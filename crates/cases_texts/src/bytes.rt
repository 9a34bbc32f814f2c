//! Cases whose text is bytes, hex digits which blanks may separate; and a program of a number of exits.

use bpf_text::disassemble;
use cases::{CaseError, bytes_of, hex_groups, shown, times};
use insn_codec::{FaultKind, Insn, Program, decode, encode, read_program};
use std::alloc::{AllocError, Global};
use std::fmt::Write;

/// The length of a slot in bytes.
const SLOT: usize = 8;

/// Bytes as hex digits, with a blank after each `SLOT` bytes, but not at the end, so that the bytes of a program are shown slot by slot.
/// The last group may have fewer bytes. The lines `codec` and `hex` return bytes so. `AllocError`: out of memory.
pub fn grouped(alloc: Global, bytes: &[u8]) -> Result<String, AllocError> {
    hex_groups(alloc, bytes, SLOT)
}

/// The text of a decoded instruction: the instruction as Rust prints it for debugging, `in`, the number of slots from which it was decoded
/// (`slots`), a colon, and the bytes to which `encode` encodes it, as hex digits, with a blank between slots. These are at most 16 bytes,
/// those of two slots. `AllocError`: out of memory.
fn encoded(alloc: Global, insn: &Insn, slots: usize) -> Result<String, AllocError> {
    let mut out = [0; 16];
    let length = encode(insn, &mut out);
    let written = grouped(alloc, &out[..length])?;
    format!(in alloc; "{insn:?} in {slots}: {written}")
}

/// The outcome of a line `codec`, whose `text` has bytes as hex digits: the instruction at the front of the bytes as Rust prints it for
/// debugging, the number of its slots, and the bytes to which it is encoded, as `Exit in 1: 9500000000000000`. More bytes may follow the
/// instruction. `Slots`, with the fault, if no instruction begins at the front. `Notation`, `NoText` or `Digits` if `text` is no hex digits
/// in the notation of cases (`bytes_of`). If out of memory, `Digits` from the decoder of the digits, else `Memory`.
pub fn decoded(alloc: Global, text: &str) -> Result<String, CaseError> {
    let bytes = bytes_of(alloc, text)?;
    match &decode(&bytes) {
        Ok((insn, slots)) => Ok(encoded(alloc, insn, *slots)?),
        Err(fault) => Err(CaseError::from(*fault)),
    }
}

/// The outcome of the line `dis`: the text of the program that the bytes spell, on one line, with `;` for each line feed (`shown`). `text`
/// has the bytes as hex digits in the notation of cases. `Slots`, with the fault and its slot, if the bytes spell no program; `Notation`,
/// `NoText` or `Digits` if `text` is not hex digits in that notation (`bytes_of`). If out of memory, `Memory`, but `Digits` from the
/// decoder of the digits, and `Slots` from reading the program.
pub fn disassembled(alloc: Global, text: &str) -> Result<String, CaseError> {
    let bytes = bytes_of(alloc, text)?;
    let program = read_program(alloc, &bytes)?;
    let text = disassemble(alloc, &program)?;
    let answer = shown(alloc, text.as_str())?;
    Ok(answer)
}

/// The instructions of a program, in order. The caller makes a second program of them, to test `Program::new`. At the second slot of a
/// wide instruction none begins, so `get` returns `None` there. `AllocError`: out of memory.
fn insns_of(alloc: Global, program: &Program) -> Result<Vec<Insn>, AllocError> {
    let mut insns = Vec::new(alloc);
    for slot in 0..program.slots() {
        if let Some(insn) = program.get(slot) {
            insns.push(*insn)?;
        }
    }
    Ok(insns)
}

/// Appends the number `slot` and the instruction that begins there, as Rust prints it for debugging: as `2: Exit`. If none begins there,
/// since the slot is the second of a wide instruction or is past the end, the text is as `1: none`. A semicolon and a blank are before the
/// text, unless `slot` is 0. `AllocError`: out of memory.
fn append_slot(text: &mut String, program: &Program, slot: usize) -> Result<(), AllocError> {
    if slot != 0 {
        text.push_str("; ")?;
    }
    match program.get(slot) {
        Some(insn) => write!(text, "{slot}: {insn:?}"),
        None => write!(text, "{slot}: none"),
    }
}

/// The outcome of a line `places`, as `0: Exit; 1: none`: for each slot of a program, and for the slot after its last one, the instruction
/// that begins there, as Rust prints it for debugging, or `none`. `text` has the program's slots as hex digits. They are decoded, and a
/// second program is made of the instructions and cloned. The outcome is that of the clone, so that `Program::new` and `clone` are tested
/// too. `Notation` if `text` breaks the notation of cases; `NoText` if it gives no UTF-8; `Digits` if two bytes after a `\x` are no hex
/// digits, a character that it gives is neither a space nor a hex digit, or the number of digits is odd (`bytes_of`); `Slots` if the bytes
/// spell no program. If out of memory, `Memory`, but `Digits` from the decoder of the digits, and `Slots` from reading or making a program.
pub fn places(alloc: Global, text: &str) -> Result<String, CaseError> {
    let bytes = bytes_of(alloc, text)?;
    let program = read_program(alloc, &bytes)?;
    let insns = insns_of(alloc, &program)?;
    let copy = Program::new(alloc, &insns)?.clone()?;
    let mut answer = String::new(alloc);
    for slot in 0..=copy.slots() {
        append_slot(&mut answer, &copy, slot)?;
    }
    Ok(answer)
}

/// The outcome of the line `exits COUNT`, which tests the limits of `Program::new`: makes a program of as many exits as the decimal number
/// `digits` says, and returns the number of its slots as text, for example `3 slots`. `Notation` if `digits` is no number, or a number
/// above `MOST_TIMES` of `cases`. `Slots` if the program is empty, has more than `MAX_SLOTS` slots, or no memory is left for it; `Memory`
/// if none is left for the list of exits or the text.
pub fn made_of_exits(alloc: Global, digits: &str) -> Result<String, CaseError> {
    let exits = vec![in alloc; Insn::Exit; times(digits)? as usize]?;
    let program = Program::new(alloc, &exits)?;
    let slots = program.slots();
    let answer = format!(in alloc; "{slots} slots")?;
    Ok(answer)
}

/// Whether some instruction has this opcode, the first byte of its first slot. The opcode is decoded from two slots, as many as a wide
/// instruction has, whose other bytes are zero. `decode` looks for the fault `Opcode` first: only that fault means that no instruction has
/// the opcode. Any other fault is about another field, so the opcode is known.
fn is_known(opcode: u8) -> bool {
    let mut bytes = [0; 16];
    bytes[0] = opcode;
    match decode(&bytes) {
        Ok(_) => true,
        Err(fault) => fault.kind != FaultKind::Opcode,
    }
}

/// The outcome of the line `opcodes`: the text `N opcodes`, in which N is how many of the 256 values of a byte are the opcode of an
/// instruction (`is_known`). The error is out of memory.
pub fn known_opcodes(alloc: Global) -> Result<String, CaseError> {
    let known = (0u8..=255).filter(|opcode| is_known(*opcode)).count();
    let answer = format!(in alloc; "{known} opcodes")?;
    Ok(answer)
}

===============

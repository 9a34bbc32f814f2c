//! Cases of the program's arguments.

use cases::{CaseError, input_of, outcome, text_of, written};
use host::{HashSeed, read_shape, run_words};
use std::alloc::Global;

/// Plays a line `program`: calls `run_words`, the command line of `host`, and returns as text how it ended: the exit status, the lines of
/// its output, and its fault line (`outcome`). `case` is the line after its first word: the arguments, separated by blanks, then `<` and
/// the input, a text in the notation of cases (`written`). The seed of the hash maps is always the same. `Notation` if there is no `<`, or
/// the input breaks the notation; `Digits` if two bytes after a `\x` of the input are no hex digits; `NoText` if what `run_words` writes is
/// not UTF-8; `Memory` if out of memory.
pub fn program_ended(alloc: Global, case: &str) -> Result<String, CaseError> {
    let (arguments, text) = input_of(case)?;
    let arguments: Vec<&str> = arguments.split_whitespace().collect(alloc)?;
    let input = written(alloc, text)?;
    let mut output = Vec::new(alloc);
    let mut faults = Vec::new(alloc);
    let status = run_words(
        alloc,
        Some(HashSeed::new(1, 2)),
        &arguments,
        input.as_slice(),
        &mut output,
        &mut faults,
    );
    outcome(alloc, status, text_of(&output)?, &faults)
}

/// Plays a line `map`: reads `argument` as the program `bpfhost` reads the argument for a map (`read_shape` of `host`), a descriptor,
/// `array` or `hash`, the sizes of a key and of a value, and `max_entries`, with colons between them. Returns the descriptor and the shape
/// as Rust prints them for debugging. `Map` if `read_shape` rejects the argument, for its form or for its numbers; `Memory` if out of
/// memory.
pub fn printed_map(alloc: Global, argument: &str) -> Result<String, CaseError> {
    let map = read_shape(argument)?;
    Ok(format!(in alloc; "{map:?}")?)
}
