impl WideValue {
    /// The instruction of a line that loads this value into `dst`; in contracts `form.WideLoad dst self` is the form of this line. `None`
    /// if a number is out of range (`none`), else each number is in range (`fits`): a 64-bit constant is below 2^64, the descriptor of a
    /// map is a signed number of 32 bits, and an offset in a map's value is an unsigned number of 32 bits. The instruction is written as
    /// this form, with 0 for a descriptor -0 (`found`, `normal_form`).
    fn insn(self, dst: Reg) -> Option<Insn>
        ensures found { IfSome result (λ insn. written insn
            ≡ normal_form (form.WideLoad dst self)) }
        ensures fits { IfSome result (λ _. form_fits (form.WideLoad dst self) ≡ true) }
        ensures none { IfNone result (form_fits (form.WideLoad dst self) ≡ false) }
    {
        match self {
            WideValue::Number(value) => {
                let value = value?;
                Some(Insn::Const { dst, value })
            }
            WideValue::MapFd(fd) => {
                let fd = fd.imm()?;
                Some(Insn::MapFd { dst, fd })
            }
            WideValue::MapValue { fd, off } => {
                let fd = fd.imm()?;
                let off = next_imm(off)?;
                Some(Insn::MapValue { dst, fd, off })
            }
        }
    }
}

===============

In the entries above, the lines between the one holding "may follow the" and the one holding "is no hex digits", inclusive, are to be printed exactly as written, and those alone.

/// debugging, the number of its slots, and the bytes to which it is encoded, as `Exit in 1: 9500000000000000`. More bytes may follow the
/// instruction. `Slots`, with the fault, if no instruction begins at the front. `Notation`, `NoText` or `Digits` if `text` is no hex digits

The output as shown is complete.